Start of Records for this exercise

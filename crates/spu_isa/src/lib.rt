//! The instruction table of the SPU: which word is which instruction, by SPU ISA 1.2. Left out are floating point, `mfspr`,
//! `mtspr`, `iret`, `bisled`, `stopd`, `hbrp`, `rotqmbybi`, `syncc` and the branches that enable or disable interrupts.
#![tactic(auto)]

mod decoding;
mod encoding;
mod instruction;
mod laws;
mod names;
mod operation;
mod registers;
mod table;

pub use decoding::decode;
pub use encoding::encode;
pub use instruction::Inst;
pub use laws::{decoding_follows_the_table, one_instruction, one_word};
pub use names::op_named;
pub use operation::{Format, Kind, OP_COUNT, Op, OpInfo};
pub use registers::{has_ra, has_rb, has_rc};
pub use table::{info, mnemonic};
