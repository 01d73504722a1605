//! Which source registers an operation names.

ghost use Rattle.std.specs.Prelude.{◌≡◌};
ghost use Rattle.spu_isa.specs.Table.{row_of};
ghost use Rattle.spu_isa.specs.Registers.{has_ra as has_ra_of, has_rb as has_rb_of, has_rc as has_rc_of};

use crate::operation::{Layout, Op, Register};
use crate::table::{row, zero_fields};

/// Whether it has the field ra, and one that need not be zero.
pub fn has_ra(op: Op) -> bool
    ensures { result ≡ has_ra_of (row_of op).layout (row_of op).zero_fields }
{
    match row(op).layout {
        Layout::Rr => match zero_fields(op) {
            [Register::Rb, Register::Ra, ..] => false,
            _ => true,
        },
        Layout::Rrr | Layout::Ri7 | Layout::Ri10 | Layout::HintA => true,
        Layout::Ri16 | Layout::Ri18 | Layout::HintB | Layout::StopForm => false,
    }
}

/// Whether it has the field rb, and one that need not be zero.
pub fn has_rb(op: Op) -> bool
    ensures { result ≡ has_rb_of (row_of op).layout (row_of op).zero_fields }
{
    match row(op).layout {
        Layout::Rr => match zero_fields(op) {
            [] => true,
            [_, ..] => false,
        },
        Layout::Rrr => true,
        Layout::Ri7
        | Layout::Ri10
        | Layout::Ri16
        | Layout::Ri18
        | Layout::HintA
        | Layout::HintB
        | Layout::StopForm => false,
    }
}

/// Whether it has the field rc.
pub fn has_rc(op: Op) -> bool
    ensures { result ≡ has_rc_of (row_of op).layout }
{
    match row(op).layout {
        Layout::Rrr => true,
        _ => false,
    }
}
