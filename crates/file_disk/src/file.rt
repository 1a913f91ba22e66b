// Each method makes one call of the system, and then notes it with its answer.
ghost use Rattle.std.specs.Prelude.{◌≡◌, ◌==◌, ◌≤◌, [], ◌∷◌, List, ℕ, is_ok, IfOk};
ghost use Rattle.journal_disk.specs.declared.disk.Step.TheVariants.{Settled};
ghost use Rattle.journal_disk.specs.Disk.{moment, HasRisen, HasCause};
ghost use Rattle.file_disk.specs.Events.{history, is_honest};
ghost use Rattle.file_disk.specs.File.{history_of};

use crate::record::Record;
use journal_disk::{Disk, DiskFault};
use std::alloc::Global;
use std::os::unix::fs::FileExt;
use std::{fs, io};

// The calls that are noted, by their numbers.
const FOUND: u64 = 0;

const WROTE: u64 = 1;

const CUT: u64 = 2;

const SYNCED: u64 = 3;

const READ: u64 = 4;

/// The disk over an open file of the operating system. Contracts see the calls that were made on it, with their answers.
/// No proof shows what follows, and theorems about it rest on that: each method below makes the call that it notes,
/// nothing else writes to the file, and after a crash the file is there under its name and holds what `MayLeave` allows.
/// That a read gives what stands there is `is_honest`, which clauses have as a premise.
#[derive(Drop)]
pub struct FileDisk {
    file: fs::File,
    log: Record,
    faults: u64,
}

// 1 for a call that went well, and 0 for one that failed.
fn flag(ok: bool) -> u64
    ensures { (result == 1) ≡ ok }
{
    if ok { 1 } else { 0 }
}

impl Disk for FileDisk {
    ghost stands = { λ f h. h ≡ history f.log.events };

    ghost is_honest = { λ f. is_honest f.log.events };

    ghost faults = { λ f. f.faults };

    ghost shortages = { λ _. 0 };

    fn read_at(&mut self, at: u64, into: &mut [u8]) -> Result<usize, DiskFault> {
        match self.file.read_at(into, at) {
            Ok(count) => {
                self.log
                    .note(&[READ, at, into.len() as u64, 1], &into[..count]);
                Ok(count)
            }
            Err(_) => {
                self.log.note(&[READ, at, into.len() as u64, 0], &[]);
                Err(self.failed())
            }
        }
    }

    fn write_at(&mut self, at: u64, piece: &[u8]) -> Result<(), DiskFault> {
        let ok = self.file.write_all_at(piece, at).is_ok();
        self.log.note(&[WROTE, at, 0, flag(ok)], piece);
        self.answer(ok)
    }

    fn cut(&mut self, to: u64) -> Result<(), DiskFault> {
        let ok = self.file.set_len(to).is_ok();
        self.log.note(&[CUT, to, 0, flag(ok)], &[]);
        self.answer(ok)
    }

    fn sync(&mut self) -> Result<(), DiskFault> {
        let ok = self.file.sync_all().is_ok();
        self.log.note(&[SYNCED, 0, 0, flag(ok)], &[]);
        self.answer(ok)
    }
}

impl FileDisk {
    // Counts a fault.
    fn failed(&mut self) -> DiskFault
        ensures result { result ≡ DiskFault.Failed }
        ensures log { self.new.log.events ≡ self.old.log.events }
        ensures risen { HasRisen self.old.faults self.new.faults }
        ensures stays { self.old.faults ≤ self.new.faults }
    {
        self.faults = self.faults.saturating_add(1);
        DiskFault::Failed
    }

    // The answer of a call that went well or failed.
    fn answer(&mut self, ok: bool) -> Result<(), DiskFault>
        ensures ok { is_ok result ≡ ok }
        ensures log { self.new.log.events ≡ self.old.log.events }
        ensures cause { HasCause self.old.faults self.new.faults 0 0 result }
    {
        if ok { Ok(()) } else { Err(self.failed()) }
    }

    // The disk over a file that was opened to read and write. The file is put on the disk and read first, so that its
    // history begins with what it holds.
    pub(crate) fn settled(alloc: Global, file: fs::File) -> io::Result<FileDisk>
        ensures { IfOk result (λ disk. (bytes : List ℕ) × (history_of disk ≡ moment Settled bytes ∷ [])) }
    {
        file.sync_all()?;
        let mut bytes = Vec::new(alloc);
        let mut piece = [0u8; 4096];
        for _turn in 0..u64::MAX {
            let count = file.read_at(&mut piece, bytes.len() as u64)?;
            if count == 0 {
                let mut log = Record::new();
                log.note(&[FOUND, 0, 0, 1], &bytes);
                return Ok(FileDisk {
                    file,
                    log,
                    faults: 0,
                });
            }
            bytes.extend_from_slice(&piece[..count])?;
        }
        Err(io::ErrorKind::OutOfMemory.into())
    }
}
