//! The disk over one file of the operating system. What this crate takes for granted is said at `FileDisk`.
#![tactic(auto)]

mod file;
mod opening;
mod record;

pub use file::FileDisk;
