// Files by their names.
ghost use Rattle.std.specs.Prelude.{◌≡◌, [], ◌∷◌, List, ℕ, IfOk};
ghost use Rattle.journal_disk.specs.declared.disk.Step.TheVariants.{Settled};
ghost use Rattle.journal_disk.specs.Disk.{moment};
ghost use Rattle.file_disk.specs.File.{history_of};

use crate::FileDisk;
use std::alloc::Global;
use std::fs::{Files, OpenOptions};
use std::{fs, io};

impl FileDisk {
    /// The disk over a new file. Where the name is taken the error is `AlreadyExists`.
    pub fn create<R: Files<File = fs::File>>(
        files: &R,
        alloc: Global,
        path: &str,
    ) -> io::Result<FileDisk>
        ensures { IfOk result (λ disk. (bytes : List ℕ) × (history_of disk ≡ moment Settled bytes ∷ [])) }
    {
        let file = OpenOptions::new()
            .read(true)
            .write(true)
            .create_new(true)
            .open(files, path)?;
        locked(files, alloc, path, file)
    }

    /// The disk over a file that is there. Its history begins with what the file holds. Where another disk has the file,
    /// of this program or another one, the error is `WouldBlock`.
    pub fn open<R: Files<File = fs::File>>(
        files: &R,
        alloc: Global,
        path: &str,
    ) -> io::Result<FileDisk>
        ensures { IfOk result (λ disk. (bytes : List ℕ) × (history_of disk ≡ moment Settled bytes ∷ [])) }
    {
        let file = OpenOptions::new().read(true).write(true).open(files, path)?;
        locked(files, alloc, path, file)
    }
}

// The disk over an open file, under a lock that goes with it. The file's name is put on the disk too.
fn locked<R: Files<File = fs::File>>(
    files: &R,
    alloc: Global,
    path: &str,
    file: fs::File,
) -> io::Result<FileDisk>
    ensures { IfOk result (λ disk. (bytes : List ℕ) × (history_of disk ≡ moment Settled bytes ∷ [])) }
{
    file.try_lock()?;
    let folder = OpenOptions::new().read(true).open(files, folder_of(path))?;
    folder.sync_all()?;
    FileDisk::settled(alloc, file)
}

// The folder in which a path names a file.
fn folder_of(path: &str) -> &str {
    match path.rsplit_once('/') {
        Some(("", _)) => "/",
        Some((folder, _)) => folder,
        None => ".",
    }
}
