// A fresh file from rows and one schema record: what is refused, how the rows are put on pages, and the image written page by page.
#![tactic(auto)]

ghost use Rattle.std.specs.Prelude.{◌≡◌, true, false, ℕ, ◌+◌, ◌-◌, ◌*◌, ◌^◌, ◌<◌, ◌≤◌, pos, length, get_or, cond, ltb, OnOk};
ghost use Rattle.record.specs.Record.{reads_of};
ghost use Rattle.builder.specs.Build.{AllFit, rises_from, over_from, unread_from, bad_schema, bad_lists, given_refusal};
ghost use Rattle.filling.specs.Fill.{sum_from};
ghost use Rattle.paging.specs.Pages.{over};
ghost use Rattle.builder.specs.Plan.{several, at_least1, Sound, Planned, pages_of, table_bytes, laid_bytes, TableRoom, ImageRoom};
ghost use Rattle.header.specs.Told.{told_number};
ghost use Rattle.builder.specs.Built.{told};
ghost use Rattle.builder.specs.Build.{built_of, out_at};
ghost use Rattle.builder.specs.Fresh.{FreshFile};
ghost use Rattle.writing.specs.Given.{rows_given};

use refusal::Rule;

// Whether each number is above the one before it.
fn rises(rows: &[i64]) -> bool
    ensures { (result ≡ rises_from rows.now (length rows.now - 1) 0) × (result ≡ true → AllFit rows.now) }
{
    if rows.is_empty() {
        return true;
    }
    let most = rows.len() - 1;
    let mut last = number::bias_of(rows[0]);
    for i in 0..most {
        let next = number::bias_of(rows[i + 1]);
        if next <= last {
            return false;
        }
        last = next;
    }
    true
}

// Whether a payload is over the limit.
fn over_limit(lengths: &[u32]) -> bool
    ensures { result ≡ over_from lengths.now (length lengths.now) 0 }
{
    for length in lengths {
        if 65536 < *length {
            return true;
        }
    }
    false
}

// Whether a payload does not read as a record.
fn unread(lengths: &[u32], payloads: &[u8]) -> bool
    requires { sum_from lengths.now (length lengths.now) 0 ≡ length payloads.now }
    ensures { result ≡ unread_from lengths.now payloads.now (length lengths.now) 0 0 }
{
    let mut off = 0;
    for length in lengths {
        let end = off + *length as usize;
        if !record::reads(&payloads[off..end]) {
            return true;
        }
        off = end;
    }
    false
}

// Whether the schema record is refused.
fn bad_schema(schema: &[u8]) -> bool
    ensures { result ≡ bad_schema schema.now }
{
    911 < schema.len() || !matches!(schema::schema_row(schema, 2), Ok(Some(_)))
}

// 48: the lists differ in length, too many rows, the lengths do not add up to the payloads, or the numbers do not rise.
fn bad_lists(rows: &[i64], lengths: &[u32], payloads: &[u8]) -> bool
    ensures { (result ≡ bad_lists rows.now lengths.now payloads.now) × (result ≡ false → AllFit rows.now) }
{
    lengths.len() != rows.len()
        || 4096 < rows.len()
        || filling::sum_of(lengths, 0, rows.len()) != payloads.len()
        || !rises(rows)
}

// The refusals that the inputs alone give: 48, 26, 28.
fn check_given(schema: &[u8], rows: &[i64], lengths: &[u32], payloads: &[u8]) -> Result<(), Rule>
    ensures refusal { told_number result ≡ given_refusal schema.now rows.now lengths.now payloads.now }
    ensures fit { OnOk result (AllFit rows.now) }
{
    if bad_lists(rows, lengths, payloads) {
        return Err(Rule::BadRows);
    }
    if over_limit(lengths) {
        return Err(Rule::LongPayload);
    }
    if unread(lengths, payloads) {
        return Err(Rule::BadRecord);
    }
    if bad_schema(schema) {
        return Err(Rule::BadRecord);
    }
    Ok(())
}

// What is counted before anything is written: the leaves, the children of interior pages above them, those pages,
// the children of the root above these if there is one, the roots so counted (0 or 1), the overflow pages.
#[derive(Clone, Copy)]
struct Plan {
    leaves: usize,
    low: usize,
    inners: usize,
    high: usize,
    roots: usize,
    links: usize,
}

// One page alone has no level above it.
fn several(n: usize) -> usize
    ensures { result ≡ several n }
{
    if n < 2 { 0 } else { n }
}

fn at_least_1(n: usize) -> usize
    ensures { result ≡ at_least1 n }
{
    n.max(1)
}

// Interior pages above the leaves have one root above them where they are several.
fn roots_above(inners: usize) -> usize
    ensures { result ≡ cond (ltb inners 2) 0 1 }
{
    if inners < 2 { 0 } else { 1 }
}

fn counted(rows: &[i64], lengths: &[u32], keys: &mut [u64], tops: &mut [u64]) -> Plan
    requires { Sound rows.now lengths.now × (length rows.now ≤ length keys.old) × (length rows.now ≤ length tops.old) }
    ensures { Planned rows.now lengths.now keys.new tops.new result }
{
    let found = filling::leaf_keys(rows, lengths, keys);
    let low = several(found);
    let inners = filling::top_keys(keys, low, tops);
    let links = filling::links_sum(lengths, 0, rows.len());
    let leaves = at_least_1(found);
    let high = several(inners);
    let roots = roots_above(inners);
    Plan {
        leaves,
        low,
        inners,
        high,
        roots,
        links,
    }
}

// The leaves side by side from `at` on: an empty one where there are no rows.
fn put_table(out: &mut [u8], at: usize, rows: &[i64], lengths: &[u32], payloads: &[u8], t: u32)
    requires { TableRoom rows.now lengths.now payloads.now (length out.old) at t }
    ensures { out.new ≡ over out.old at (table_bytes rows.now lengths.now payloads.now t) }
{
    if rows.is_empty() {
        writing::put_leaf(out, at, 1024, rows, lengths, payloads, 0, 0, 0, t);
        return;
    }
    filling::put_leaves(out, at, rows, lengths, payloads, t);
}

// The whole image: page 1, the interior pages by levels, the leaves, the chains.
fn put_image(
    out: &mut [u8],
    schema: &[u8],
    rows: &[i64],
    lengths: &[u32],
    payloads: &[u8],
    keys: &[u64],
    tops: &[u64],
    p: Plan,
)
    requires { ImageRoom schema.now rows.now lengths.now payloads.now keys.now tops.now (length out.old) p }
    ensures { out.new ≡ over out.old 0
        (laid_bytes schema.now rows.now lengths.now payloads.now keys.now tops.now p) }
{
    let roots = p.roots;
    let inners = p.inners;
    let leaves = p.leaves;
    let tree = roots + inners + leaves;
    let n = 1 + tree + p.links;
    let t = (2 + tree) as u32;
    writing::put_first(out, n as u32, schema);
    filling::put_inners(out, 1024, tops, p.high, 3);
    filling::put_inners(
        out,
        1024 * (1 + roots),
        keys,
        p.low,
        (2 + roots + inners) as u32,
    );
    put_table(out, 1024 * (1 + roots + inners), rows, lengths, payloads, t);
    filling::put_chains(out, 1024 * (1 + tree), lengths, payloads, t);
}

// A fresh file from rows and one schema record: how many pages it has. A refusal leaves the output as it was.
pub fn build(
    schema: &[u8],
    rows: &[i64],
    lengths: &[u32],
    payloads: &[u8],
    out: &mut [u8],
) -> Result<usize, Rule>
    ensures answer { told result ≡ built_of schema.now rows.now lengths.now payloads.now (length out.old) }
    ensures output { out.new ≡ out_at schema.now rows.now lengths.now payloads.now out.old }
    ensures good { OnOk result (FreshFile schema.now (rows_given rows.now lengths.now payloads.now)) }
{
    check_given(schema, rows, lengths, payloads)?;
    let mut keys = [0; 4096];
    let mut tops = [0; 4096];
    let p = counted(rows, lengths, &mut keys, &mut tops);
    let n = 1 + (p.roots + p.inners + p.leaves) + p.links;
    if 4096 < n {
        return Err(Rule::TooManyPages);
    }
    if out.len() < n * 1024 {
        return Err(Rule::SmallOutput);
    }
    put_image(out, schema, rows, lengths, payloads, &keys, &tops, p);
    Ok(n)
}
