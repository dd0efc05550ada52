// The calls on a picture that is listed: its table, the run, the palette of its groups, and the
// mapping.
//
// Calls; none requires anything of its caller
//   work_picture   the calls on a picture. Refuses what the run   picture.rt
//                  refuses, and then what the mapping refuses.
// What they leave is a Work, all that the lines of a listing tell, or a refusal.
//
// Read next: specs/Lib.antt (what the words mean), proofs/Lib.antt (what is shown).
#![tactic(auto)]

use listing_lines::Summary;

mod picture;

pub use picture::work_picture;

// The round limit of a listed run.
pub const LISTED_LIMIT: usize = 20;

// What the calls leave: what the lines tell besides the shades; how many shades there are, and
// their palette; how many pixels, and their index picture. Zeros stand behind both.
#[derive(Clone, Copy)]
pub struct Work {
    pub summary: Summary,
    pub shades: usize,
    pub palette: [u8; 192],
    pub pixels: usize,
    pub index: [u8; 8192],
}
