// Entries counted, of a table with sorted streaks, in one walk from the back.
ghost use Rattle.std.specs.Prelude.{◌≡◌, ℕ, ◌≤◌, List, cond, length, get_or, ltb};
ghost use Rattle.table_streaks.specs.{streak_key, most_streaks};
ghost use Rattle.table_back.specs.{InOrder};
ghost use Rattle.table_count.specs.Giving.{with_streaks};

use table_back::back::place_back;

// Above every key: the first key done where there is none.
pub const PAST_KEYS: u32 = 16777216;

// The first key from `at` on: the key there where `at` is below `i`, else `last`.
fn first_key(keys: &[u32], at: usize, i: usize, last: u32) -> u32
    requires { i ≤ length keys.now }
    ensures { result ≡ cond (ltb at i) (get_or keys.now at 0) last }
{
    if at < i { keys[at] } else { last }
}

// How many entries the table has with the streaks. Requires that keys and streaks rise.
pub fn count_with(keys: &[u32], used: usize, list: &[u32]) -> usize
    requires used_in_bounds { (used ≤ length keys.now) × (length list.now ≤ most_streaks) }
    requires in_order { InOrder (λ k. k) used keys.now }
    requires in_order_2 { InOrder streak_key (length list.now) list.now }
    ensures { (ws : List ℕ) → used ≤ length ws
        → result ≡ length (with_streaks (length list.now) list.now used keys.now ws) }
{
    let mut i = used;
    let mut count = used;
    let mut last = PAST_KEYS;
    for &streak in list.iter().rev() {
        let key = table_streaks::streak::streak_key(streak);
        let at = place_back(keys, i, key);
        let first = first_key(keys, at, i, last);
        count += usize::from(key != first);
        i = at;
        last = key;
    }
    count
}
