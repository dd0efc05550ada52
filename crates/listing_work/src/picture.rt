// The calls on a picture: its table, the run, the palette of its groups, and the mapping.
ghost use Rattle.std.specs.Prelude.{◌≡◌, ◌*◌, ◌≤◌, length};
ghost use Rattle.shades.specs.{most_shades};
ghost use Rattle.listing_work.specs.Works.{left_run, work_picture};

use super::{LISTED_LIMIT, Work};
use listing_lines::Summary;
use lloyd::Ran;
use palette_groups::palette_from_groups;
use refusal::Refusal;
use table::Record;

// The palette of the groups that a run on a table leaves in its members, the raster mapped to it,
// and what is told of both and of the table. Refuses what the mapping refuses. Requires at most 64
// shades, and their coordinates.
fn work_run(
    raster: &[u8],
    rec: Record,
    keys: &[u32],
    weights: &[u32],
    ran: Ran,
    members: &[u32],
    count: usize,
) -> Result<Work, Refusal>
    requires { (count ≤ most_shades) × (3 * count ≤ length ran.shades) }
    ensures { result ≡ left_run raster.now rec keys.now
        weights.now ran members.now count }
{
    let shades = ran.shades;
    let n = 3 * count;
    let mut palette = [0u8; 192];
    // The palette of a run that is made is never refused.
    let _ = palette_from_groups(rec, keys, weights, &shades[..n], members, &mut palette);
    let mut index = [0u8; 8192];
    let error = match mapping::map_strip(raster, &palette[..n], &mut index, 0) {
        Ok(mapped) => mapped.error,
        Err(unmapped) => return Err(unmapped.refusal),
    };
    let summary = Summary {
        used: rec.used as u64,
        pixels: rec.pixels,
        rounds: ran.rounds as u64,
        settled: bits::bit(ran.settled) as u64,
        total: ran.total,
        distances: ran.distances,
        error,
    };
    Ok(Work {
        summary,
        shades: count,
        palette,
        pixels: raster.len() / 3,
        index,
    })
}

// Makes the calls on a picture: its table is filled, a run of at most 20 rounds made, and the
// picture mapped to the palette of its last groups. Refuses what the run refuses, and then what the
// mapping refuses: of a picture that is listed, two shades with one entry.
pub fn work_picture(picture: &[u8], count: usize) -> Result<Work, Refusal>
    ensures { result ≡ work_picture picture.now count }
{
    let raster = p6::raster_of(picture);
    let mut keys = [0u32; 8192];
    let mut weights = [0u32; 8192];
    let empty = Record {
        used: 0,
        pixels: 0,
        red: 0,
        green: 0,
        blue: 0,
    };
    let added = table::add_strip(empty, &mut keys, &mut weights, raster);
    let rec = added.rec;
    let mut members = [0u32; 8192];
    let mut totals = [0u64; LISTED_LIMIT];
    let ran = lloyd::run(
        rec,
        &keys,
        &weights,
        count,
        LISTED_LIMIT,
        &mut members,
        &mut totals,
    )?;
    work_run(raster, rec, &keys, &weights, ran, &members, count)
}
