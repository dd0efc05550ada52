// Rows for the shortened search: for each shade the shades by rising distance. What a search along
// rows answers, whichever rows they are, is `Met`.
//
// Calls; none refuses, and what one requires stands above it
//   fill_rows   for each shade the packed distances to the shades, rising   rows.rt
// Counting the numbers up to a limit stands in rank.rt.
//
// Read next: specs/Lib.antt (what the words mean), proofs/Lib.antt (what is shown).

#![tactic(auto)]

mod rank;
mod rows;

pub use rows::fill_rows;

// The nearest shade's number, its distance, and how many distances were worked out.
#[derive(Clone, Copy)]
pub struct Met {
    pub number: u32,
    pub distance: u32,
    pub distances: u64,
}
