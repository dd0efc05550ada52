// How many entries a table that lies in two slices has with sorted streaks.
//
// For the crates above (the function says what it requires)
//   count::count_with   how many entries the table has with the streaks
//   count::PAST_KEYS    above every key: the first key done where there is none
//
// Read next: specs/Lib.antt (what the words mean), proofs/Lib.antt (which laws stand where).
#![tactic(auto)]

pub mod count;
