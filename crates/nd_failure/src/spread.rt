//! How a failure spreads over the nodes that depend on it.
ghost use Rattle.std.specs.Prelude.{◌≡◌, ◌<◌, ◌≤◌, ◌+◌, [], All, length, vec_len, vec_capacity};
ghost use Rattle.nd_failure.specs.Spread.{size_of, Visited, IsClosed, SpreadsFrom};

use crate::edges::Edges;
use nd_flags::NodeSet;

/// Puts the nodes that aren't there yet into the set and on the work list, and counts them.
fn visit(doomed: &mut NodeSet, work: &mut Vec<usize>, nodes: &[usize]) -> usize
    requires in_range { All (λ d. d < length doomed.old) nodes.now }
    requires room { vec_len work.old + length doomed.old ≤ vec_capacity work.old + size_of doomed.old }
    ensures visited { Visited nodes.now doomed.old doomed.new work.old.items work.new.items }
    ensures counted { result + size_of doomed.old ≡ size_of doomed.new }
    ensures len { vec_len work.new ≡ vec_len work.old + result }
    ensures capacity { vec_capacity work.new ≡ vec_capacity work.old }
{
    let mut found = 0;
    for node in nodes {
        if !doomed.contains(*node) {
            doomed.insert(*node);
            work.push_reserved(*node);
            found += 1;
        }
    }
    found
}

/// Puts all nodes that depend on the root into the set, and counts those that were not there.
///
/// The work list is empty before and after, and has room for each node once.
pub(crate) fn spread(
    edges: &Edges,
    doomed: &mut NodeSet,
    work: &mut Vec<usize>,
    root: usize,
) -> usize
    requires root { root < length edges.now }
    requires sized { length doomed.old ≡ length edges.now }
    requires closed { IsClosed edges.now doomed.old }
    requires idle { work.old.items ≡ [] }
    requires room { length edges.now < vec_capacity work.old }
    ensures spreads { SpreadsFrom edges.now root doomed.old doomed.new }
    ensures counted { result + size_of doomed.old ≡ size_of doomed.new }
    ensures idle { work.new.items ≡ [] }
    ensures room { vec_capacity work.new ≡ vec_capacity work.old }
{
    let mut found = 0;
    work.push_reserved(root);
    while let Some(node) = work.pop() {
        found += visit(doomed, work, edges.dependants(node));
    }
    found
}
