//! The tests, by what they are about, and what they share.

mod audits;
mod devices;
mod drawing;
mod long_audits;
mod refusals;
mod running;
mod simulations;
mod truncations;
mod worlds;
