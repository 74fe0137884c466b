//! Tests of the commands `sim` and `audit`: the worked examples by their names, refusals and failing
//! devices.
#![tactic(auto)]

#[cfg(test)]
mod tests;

End of Records for this exercise

> **Required work**: Where a line in the listing above contains "StopForm", copy that line.

> **Response to the exercise**:
        Layout::Ri16 | Layout::Ri18 | Layout::HintB | Layout::StopForm => false,
        | Layout::StopForm => false,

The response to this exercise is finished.